*Activity*
What is needed here is an exact transcription of all the entries.

Collected data
^^^^^^^^^^^^^^^^
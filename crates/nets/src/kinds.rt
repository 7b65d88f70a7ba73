// Classes of node kinds, by the kind byte.
#![tactic(auto, using(crate::proofs::KindLaws::code_of_byte))]

ghost use Rattle.std.specs.Prelude.{◌≡◌};
ghost use Rattle.nets.specs.Nets.{has_locality, needs_table, has_test, has_tuple, is_select, reads_relation, binds_relation, is_loop, is_update, is_aggregate, is_create, is_parallel, is_sequential};
ghost use Rattle.nets.specs.View.{kind_at};

// The kind bytes. They are numbers and no enum, since a net may be handed in with any byte, and is then refused.
pub const INSERT: u8 = 16;

pub const INSERT_TABLE: u8 = 17;

pub const DELETE: u8 = 18;

pub const SELECT: u8 = 19;

pub const SELECT_RELATION: u8 = 20;

pub const UPDATE: u8 = 21;

pub const AGGREGATE: u8 = 22;

pub const CREATE: u8 = 23;

pub const DROP: u8 = 24;

pub const SEQUENTIAL: u8 = 25;

pub const PARALLEL: u8 = 26;

// The step has an L and a name.
pub fn has_locality(kind: u8) -> bool
    ensures { result ≡ has_locality (kind_at kind) }
{
    matches!(
        kind,
        INSERT | INSERT_TABLE | DELETE | SELECT | UPDATE | AGGREGATE | CREATE | DROP
    )
}

// The table must be there.
pub fn needs_table(kind: u8) -> bool
    ensures { result ≡ needs_table (kind_at kind) }
{
    matches!(
        kind,
        INSERT | INSERT_TABLE | DELETE | SELECT | UPDATE | AGGREGATE | DROP
    )
}

// The step has a predicate.
pub fn has_test(kind: u8) -> bool
    ensures { result ≡ has_test (kind_at kind) }
{
    matches!(kind, DELETE | SELECT | SELECT_RELATION | UPDATE | AGGREGATE)
}

// The step has a t with tags 1..5.
pub fn has_tuple(kind: u8) -> bool
    ensures { result ≡ has_tuple (kind_at kind) }
{
    matches!(kind, INSERT | UPDATE)
}

pub fn is_select(kind: u8) -> bool
    ensures { result ≡ is_select (kind_at kind) }
{
    matches!(kind, SELECT | SELECT_RELATION)
}

// The step reads a table variable.
pub fn reads_relation(kind: u8) -> bool
    ensures { result ≡ reads_relation (kind_at kind) }
{
    matches!(kind, INSERT_TABLE | SELECT_RELATION | SEQUENTIAL | PARALLEL)
}

// The step binds a table variable.
pub fn binds_relation(kind: u8) -> bool
    ensures { result ≡ binds_relation (kind_at kind) }
{
    matches!(kind, DELETE | SELECT | SELECT_RELATION)
}

pub fn is_loop(kind: u8) -> bool
    ensures { result ≡ is_loop (kind_at kind) }
{
    matches!(kind, SEQUENTIAL | PARALLEL)
}

pub fn is_update(kind: u8) -> bool
    ensures { result ≡ is_update (kind_at kind) }
{
    kind == UPDATE
}

pub fn is_create(kind: u8) -> bool
    ensures { result ≡ is_create (kind_at kind) }
{
    kind == CREATE
}

pub fn is_aggregate(kind: u8) -> bool
    ensures { result ≡ is_aggregate (kind_at kind) }
{
    kind == AGGREGATE
}

pub fn is_sequential(kind: u8) -> bool
    ensures { result ≡ is_sequential (kind_at kind) }
{
    kind == SEQUENTIAL
}

pub fn is_parallel(kind: u8) -> bool
    ensures { result ≡ is_parallel (kind_at kind) }
{
    kind == PARALLEL
}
^^^^^^^^^^^^^^^^
*Response to the exercise*
filename crates/nets/src/kinds.rt
repository 7b65d88f70a7ba73
// Classes of node kinds, by the kind byte.
#![tactic(auto, using(crate::proofs::KindLaws::code_of_byte))]

ghost use Rattle.std.specs.Prelude.{◌≡◌};
ghost use Rattle.nets.specs.Nets.{has_locality, needs_table, has_test, has_tuple, is_select, reads_relation, binds_relation, is_loop, is_update, is_aggregate, is_create, is_parallel, is_sequential};
ghost use Rattle.nets.specs.View.{kind_at};

// The kind bytes. They are numbers and no enum, since a net may be handed in with any byte, and is then refused.
pub const INSERT: u8 = 16;

pub const INSERT_TABLE: u8 = 17;

pub const DELETE: u8 = 18;

pub const SELECT: u8 = 19;

pub const SELECT_RELATION: u8 = 20;

pub const UPDATE: u8 = 21;

pub const AGGREGATE: u8 = 22;

pub const CREATE: u8 = 23;

pub const DROP: u8 = 24;

pub const SEQUENTIAL: u8 = 25;

pub const PARALLEL: u8 = 26;

// The step has an L and a name.
pub fn has_locality(kind: u8) -> bool
    ensures { result ≡ has_locality (kind_at kind) }
{
    matches!(
        kind,
        INSERT | INSERT_TABLE | DELETE | SELECT | UPDATE | AGGREGATE | CREATE | DROP
    )
}

// The table must be there.
pub fn needs_table(kind: u8) -> bool
    ensures { result ≡ needs_table (kind_at kind) }
{
    matches!(
        kind,
        INSERT | INSERT_TABLE | DELETE | SELECT | UPDATE | AGGREGATE | DROP
    )
}

// The step has a predicate.
pub fn has_test(kind: u8) -> bool
    ensures { result ≡ has_test (kind_at kind) }
{
    matches!(kind, DELETE | SELECT | SELECT_RELATION | UPDATE | AGGREGATE)
}

// The step has a t with tags 1..5.
pub fn has_tuple(kind: u8) -> bool
    ensures { result ≡ has_tuple (kind_at kind) }
{
    matches!(kind, INSERT | UPDATE)
}

pub fn is_select(kind: u8) -> bool
    ensures { result ≡ is_select (kind_at kind) }
{
    matches!(kind, SELECT | SELECT_RELATION)
}

// The step reads a table variable.
pub fn reads_relation(kind: u8) -> bool
    ensures { result ≡ reads_relation (kind_at kind) }
{
    matches!(kind, INSERT_TABLE | SELECT_RELATION | SEQUENTIAL | PARALLEL)
}

// The step binds a table variable.
pub fn binds_relation(kind: u8) -> bool
    ensures { result ≡ binds_relation (kind_at kind) }
{
    matches!(kind, DELETE | SELECT | SELECT_RELATION)
}

pub fn is_loop(kind: u8) -> bool
    ensures { result ≡ is_loop (kind_at kind) }
{
    matches!(kind, SEQUENTIAL | PARALLEL)
}

pub fn is_update(kind: u8) -> bool
    ensures { result ≡ is_update (kind_at kind) }
{
    kind == UPDATE
}

pub fn is_create(kind: u8) -> bool
    ensures { result ≡ is_create (kind_at kind) }
{
    kind == CREATE
}

pub fn is_aggregate(kind: u8) -> bool
    ensures { result ≡ is_aggregate (kind_at kind) }
{
    kind == AGGREGATE
}

pub fn is_sequential(kind: u8) -> bool
    ensures { result ≡ is_sequential (kind_at kind) }
{
    kind == SEQUENTIAL
}

pub fn is_parallel(kind: u8) -> bool
    ensures { result ≡ is_parallel (kind_at kind) }
{
    kind == PARALLEL
}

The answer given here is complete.